**What to produce**
Repeat the entries word for word. Leave nothing out.

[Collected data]
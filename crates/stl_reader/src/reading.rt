//! The body of a code block.
ghost use Rattle.std.specs.Prelude.{◌≡◌, ◌≤◌, ◌<◌, ◌+◌, ◌^◌, ◌++◌, length, IfOk, OnOk};
ghost use Rattle.std.specs.Option.{option_to_list};
ghost use Rattle.stl_decl.specs.Steps.{GivesOr, IsNoFault};
ghost use Rattle.stl_reader.specs.Contents.{contents_of};
ghost use Rattle.stl_reader.specs.Items.{block_locals};
ghost use Rattle.stl_reader.specs.Sound.{IsSound};
ghost use Rattle.stl_reader.specs.Reading.{labels_of, jumps_of, adds, parts_at, contents_view, body_of, Gives};

use crate::contents::{Body, Jump, Label, Lists};
use crate::items::{BodyStatement, Item, LabelName, part_at};
use s7_base::CodeKind;
use std::alloc::Global;
use stl_decl::{Layout, StepError, end_fault};
use stl_lex::{LoadFault, Token, Tokens};
use thiserror::Error;

/// Why a body wasn't read.
#[derive(Clone, Copy, Debug, PartialEq, Eq, Error)]
pub enum ReadError {
    /// The body has a fault: of the kinds 9 to 13 and 21.
    #[error("line {}: fault {}", .0.line, .0.kind)]
    Fault(LoadFault),
    /// Memory ran out.
    #[error("out of memory")]
    NoMemory,
}

impl From<StepError> for ReadError {
    ghost use Rattle.stl_reader.specs.Reading.{denied};

    ghost from_gives = { λ e d. d ≡ denied e };

    fn from(error: StepError) -> Self {
        match error {
            StepError::Fault(fault) => ReadError::Fault(fault.told()),
            StepError::NoMemory => ReadError::NoMemory,
        }
    }
}

fn keep_statement(
    statements: &mut Vec<BodyStatement>,
    statement: Option<BodyStatement>,
) -> Result<(), StepError>
    ensures ok { OnOk result (statements.new.items ≡ statements.old.items ++ option_to_list statement) }
    ensures err { IsNoFault result }
{
    if let Some(statement) = statement {
        statements.push(statement)?;
    }
    Ok(())
}

fn keep_label(
    labels: &mut Vec<Label>,
    label: Option<LabelName>,
    statement: u32,
) -> Result<(), StepError>
    ensures ok { OnOk result (labels.new.items ≡ labels.old.items ++ labels_of label statement) }
    ensures err { IsNoFault result }
{
    if let Some(label) = label {
        let name = label.name;
        labels.push(Label {
            name,
            statement,
            line: label.line,
            column: label.column,
        })?;
    }
    Ok(())
}

fn keep_jump(
    jumps: &mut Vec<Jump>,
    target: Option<[u8; 4]>,
    statement: u32,
) -> Result<(), StepError>
    ensures ok { OnOk result (jumps.new.items ≡ jumps.old.items ++ jumps_of target statement) }
    ensures err { IsNoFault result }
{
    if let Some(name) = target {
        jumps.push(Jump { statement, name })?;
    }
    Ok(())
}

fn keep_item(lists: &mut Lists, item: Item) -> Result<(), StepError>
    requires { length lists.old.statements.items < 2 ^ 31 }
    ensures ok { OnOk result (contents_of lists.new ≡ adds (contents_of lists.old) item) }
    ensures count { OnOk result (length lists.new.statements.items ≤ length lists.old.statements.items + 1) }
    ensures err { IsNoFault result }
{
    let number = lists.statements.len() as u32;
    keep_label(&mut lists.labels, item.label, number)?;
    keep_jump(&mut lists.jumps, item.target, number)?;
    keep_statement(&mut lists.statements, item.statement)?;
    Ok(())
}

/// The parts of a body up to its end word, and the rest.
fn parts_at<'a>(
    alloc: Global,
    text: &[u8],
    kind: CodeKind,
    temps: &Layout,
    tokens: &'a [Token],
) -> Result<(Lists, &'a [Token]), StepError>
    requires text { length text.now ≤ 1048576 }
    requires tokens { length tokens.now ≤ 1048576 }
    ensures exact { GivesOr contents_view result (parts_at text.now kind temps.now tokens.now) }
{
    let mut lists = Lists {
        statements: Vec::new(alloc),
        labels: Vec::new(alloc),
        jumps: Vec::new(alloc),
    };
    let mut rest = tokens;
    for _turn in 0..tokens.len() {
        let (item, after) = part_at(alloc, text, kind, temps, rest)?;
        let Some(item) = item else {
            return Ok((lists, after));
        };
        keep_item(&mut lists, item)?;
        rest = after;
    }
    Err(StepError::Fault(end_fault(text)))
}

/// The body of a code block of this kind, whose temporary names are `temps`, from token number `from` on, which
/// follows BEGIN, and the number of the token behind its end word; or its first fault.
///
/// # Errors
///
/// `Fault` of kind 9 (a statement begins with no mnemonic), 10 (an instruction or a constant of real numbers), 11
/// (an operand or a token that doesn't fit), 12 (a name that isn't declared), 13 (no `;`, or the text ends) or 21
/// (what is left out of the language); `NoMemory` where memory runs out.
pub fn body(
    alloc: Global,
    text: &[u8],
    tokens: &Tokens,
    from: u32,
    kind: CodeKind,
    temps: &Layout,
) -> Result<(Body, u32), ReadError>
    requires text { length text.now ≤ 1048576 }
    requires tokens { length tokens.now ≤ 1048576 }
    requires from { from ≤ length tokens.now }
    ensures exact { Gives result (body_of text.now tokens.now from kind temps.now) }
    // Its statements are of the language, its labels and jumps are in their places.
    ensures sound { IfOk result (λ x. IsSound (block_locals kind temps.now) x.0) }
    ensures within { IfOk result (λ x. x.1 ≤ length tokens.now) }
{
    let tokens = tokens.as_slice();
    let (lists, rest) = parts_at(alloc, text, kind, temps, &tokens[from as usize..])?;
    let behind = tokens.len().saturating_sub(rest.len()) as u32;
    Ok((Body::new(lists), behind))
}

**Solution to this task**
filename crates/stl_reader/src/reading.rt
//! The body of a code block.
ghost use Rattle.std.specs.Prelude.{◌≡◌, ◌≤◌, ◌<◌, ◌+◌, ◌^◌, ◌++◌, length, IfOk, OnOk};
ghost use Rattle.std.specs.Option.{option_to_list};
ghost use Rattle.stl_decl.specs.Steps.{GivesOr, IsNoFault};
ghost use Rattle.stl_reader.specs.Contents.{contents_of};
ghost use Rattle.stl_reader.specs.Items.{block_locals};
ghost use Rattle.stl_reader.specs.Sound.{IsSound};
ghost use Rattle.stl_reader.specs.Reading.{labels_of, jumps_of, adds, parts_at, contents_view, body_of, Gives};

use crate::contents::{Body, Jump, Label, Lists};
use crate::items::{BodyStatement, Item, LabelName, part_at};
use s7_base::CodeKind;
use std::alloc::Global;
use stl_decl::{Layout, StepError, end_fault};
use stl_lex::{LoadFault, Token, Tokens};
use thiserror::Error;

/// Why a body wasn't read.
#[derive(Clone, Copy, Debug, PartialEq, Eq, Error)]
pub enum ReadError {
    /// The body has a fault: of the kinds 9 to 13 and 21.
    #[error("line {}: fault {}", .0.line, .0.kind)]
    Fault(LoadFault),
    /// Memory ran out.
    #[error("out of memory")]
    NoMemory,
}

impl From<StepError> for ReadError {
    ghost use Rattle.stl_reader.specs.Reading.{denied};

    ghost from_gives = { λ e d. d ≡ denied e };

    fn from(error: StepError) -> Self {
        match error {
            StepError::Fault(fault) => ReadError::Fault(fault.told()),
            StepError::NoMemory => ReadError::NoMemory,
        }
    }
}

fn keep_statement(
    statements: &mut Vec<BodyStatement>,
    statement: Option<BodyStatement>,
) -> Result<(), StepError>
    ensures ok { OnOk result (statements.new.items ≡ statements.old.items ++ option_to_list statement) }
    ensures err { IsNoFault result }
{
    if let Some(statement) = statement {
        statements.push(statement)?;
    }
    Ok(())
}

fn keep_label(
    labels: &mut Vec<Label>,
    label: Option<LabelName>,
    statement: u32,
) -> Result<(), StepError>
    ensures ok { OnOk result (labels.new.items ≡ labels.old.items ++ labels_of label statement) }
    ensures err { IsNoFault result }
{
    if let Some(label) = label {
        let name = label.name;
        labels.push(Label {
            name,
            statement,
            line: label.line,
            column: label.column,
        })?;
    }
    Ok(())
}

fn keep_jump(
    jumps: &mut Vec<Jump>,
    target: Option<[u8; 4]>,
    statement: u32,
) -> Result<(), StepError>
    ensures ok { OnOk result (jumps.new.items ≡ jumps.old.items ++ jumps_of target statement) }
    ensures err { IsNoFault result }
{
    if let Some(name) = target {
        jumps.push(Jump { statement, name })?;
    }
    Ok(())
}

fn keep_item(lists: &mut Lists, item: Item) -> Result<(), StepError>
    requires { length lists.old.statements.items < 2 ^ 31 }
    ensures ok { OnOk result (contents_of lists.new ≡ adds (contents_of lists.old) item) }
    ensures count { OnOk result (length lists.new.statements.items ≤ length lists.old.statements.items + 1) }
    ensures err { IsNoFault result }
{
    let number = lists.statements.len() as u32;
    keep_label(&mut lists.labels, item.label, number)?;
    keep_jump(&mut lists.jumps, item.target, number)?;
    keep_statement(&mut lists.statements, item.statement)?;
    Ok(())
}

/// The parts of a body up to its end word, and the rest.
fn parts_at<'a>(
    alloc: Global,
    text: &[u8],
    kind: CodeKind,
    temps: &Layout,
    tokens: &'a [Token],
) -> Result<(Lists, &'a [Token]), StepError>
    requires text { length text.now ≤ 1048576 }
    requires tokens { length tokens.now ≤ 1048576 }
    ensures exact { GivesOr contents_view result (parts_at text.now kind temps.now tokens.now) }
{
    let mut lists = Lists {
        statements: Vec::new(alloc),
        labels: Vec::new(alloc),
        jumps: Vec::new(alloc),
    };
    let mut rest = tokens;
    for _turn in 0..tokens.len() {
        let (item, after) = part_at(alloc, text, kind, temps, rest)?;
        let Some(item) = item else {
            return Ok((lists, after));
        };
        keep_item(&mut lists, item)?;
        rest = after;
    }
    Err(StepError::Fault(end_fault(text)))
}

/// The body of a code block of this kind, whose temporary names are `temps`, from token number `from` on, which
/// follows BEGIN, and the number of the token behind its end word; or its first fault.
///
/// # Errors
///
/// `Fault` of kind 9 (a statement begins with no mnemonic), 10 (an instruction or a constant of real numbers), 11
/// (an operand or a token that doesn't fit), 12 (a name that isn't declared), 13 (no `;`, or the text ends) or 21
/// (what is left out of the language); `NoMemory` where memory runs out.
pub fn body(
    alloc: Global,
    text: &[u8],
    tokens: &Tokens,
    from: u32,
    kind: CodeKind,
    temps: &Layout,
) -> Result<(Body, u32), ReadError>
    requires text { length text.now ≤ 1048576 }
    requires tokens { length tokens.now ≤ 1048576 }
    requires from { from ≤ length tokens.now }
    ensures exact { Gives result (body_of text.now tokens.now from kind temps.now) }
    // Its statements are of the language, its labels and jumps are in their places.
    ensures sound { IfOk result (λ x. IsSound (block_locals kind temps.now) x.0) }
    ensures within { IfOk result (λ x. x.1 ≤ length tokens.now) }
{
    let tokens = tokens.as_slice();
    let (lists, rest) = parts_at(alloc, text, kind, temps, &tokens[from as usize..])?;
    let behind = tokens.len().saturating_sub(rest.len()) as u32;
    Ok((Body::new(lists), behind))
}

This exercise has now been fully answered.